14 de fevereiro de 2019

E antes de morrer estava vivo...

Albertus Pictor, Döden spelar schack (1480)
Kyrkomålning i Täby kyrka utförd - Sverige
Q U A T R A I N
Hélas, La Palice est mort, | Il est mort devant Pavie ; | Hélas, s’il n’était pas mort, | Il ferait encore envie...
Chanson à  la mémoire du Seigneur de La Palice

     O jogo de xadrez      

De quando em quando os mass media assaltam-nos com a notícia bombástica de que o país está a morrer a um ritmo assustador. o tabaco mata um português em cada cinquenta minutos, o que corresponde a trinta e duas pessoas por dia, engrossando as vítimas das doenças respiratórias em mais de vinte e duas mil por ano, ao ritmo de duas por hora. Uma pandemia sem solução aparente à vista. Agreguem-se ainda os problemas do pâncreas, da próstata, da hipertensão, da diabetes, do coração, dos intestinos e tutti quanti. Ao que parece, os impostos não serão suficientes para cobrir as despesas. É caso para perguntar como é que há ainda tanto vivo a jogar ao xadrez com a morte.

Esta mania das moléstias nos estragarem a saúde fez-me lembrar uma peça que vi em tempos no Parque Mayer. Estou a referir-me a La Mamma (1951), uma comédia francesa com sotaque italiano, de André Roussin. Estreou-se a 1 de julho de 1971 no teatro Capitólio, produzida por Vasco Morgado e encenada por António do Cabo. Laura Alves, a querida mamã da versão portuguesa, lamentava-se numa tirada infindável de todas as maleitas reais e imaginárias que tinha, tivera ou teria. Começava com o cabelo espigado e terminava com as unhas encravadas. Um verdadeiro catálogo de achaques que a obrigavam a inferir no final da deixa: é preciso ter muita saúde para aguentar tanta doença.
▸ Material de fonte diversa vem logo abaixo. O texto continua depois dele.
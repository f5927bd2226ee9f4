//! Why a source isn't rewritten.
ghost use Rattle.std.specs.Prelude.{◌≡◌};
ghost use Rattle.sfi_rewrite.specs.declared.fault.RewriteFault.TheVariants.{Memory};
ghost use Rattle.sfi_rewrite.specs.Rewriting.{number_of};

use std::alloc::{AllocError, AllocFailed};
use thiserror::Error;

/// Why a source isn't rewritten: the first instruction in the order of the text that has a fault,
/// with the first of its faults by their numbers in the order 1, 2, 5, 6, 3.
#[derive(Clone, Copy, Debug, PartialEq, Eq, Error)]
pub enum RewriteFault {
    /// An operand of the instruction on the line, counted from 1, is x24, x25, x26, x27 or
    /// x31, or in code in words x29 or x30.
    #[error("ReservedRegister line {line}")]
    ReservedRegister { line: u32 },
    /// The instruction on the line, counted from 1, is an ecall: only a gate's stub has one.
    #[error("Ecall line {line}")]
    Ecall { line: u32 },
    /// The code of the sandbox, counted from 0, takes more bytes than a code region of its
    /// format may have, its gates' stubs not counted.
    #[error("TooLarge sandbox {sandbox}")]
    TooLarge { sandbox: u32 },
    /// The instruction on the line, counted from 1, writes the stack pointer, which is to be put
    /// back after it: it is a jal or jalr, or a load on another register. Only a format with a
    /// stack pointer has this fault.
    #[error("StackWrite line {line}")]
    StackWrite { line: u32 },
    /// The instruction on the line, counted from 1, is a jump that code in words can't have: a jal or
    /// jalr that writes a data register, or a jalr with an offset.
    #[error("Jump line {line}")]
    Jump { line: u32 },
    /// Memory ran out; nothing is known of the source.
    #[error("Memory")]
    Memory,
}

impl RewriteFault {
    /// The number that the program prints with the fault, from 1 to 6: docs/SOURCE.md lists them,
    /// and `number_of` of specs/Rewriting has the same.
    pub fn number(self) -> u32
        ensures { result ≡ number_of self }
    {
        match self {
            RewriteFault::ReservedRegister { .. } => 1,
            RewriteFault::Ecall { .. } => 2,
            RewriteFault::TooLarge { .. } => 3,
            RewriteFault::Memory => 4,
            RewriteFault::StackWrite { .. } => 5,
            RewriteFault::Jump { .. } => 6,
        }
    }
}

impl From<AllocError> for RewriteFault {
    ghost from_gives = { λ _ e. e ≡ Memory };

    fn from(_e: AllocError) -> RewriteFault {
        RewriteFault::Memory
    }
}

impl<T: Drop> From<AllocFailed<T>> for RewriteFault {
    ghost from_gives = { λ _ e. e ≡ Memory };

    fn from(_e: AllocFailed<T>) -> RewriteFault {
        RewriteFault::Memory
    }
}
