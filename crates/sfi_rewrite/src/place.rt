//! Where an expansion stands, in code in bundles: a place is a number of bytes after the stubs.
ghost use Rattle.std.specs.Prelude.{◌≡◌, ◌%◌, ◌+◌, ◌*◌, ◌<◌, ◌≤◌};
ghost use Rattle.sfi_formats.specs.Limits.{bundle_size};
ghost use Rattle.sfi_rewrite.specs.private.{largest};
ghost use Rattle.sfi_rewrite.specs.Placement.{next_bundle, FillsGap};

use sfi_formats::BUNDLE_BYTES;

/// The first bundle start at or after the place `end`: `end` rounded up to a multiple of a bundle's
/// 16 bytes. A label before the next item names it.
pub(crate) fn next_bundle(end: usize) -> u32
    requires { end ≤ largest }
    ensures { result ≡ next_bundle end }
{
    (end.div_ceil(BUNDLE_BYTES) * BUNDLE_BYTES) as u32
}

/// How many c.nops, of 2 bytes each, go before an expansion of `size` bytes where the code so far
/// ends at the place `end`. They are as few as let the expansion lie within one bundle and, if it
/// is a `call`, end with its bundle, so that the return address is a bundle start. If it is
/// `labelled`, it stands at or after `next_bundle(end)`, which the label names. `FillsGap` of
/// specs/Placement says the same.
pub(crate) fn nops_before(end: usize, labelled: bool, call: bool, size: usize) -> usize
    requires end { end ≤ largest }
    requires even { end % 2 ≡ 0 }
    requires even_size { size % 2 ≡ 0 }
    requires some { 0 < size }
    requires few { size ≤ bundle_size }
    ensures gap { FillsGap end labelled call size result }
    ensures few { result < bundle_size }
{
    let used = end % BUNDLE_BYTES;
    let first = if labelled && used > 0 {
        BUNDLE_BYTES
    } else {
        used
    };
    let last = BUNDLE_BYTES - size;
    let at = if call {
        if first <= last {
            last
        } else {
            last + BUNDLE_BYTES
        }
    } else if first <= last {
        first
    } else {
        BUNDLE_BYTES
    };
    (at - used) / 2
}

/// How many c.nops stand between the end of the last expansion, the place `end`, and the bundle
/// start after it: 0 where `end` is one.
pub(crate) fn nops_at_end(end: usize) -> usize
    requires end { end ≤ largest }
    requires even { end % 2 ≡ 0 }
    ensures { end + 2 * result ≡ next_bundle end }
{
    (next_bundle(end) as usize - end) / 2
}
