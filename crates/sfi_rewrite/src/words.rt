//! Code in words: the expansions on typed registers, and how they stand in words of 4 bytes. Of the
//! typed registers the data registers x2, x3, x4 and x29 hold addresses in the data region or near
//! it, so that a load or store on one needs no mask, and x30 a word's start in the code region.

mod expansion;
mod filling;
mod laid_items;

pub(crate) use expansion::ADDRESS_REGISTER;
pub(crate) use laid_items::lay_in_words;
E como para morrer basta estar vivo, somos levados a concordar com a Lili Caneças no diz-que-disse que corre por  por ter dito: morrer é o contrário de estar vivo. Um diz-que-disse muito semelhante ao que se disse e teima em dizer de Monsieur de La Palice (1470-1525), o tal que un quart d’heure avant sa mort, il était encore en vie. Bernard de La Monnoye (1641-1728) brinca com o dito feito ditote e verseja com ironia chocarreira: Il est mort le vendredi, passée la fleur de son âge, s'il fut mort le samedi, il eût vécu davantage. Fraca consolação para o reputado herói de Pavia, que, em vez de causar inveja (envie) depois de morto, nos continua a fazer sorrir com os diz-que-disse que nunca disse em vida (en vie).

1 comentário:

  1. Precisamos de sorrir pois faz bem à alma e, já agora, ajuda à saúde de que necessitamos para estarmos vivos. Esta de lembrar La Palisse e Lili Caneças no mesmo texto é de mestre, tanto mais que o tema do rol de doenças que assolam a população é, na verdade, exagerado se nos lembrarmos que a população, afinal, está envelhecida. Ou seja: as doenças não matam tanto como se propala...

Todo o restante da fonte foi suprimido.